#### [ACTIVITY]
Pull out every line with the word "that" from the entries below.

*** RECORDS PROVIDED Section Begins ***

// The first record that differs, and the stop that it brings to a replay.

ghost use Rattle.trace_check.specs.Stops.{Tells};

use crate::record::Record;
use motion_history::OutOfMemory;

/// A record that is not the one expected.
#[derive(Drop)]
pub struct Difference {
    /// The number of the record in the text, the header being 1.
    pub place: u64,
    pub expected: Record,
    pub found: Record,
}

/// Why a replay stops.
#[derive(Drop)]
pub enum Stop {
    Differs(Difference),
    OutOfMemory,
}

impl From<OutOfMemory> for Stop {
    fn from(_: OutOfMemory) -> Stop {
        Stop::OutOfMemory
    }
}

/// The stop at two records of different values. Records that look the same come of the same values,
/// so it is none of those; it would be given up.
pub fn differing(place: u64, expected: Record, found: Record) -> Stop
    ensures { Tells place expected found result }
{
    if expected.is_same(&found) {
        return Stop::OutOfMemory;
    }
    Stop::Differs(Difference {
        place,
        expected,
        found,
    })
}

*** RECORDS PROVIDED Section Ends ***

#### [RESPONSE]
// The first record that differs, and the stop that it brings to a replay.
/// A record that is not the one expected.
/// The stop at two records of different values. Records that look the same come of the same values,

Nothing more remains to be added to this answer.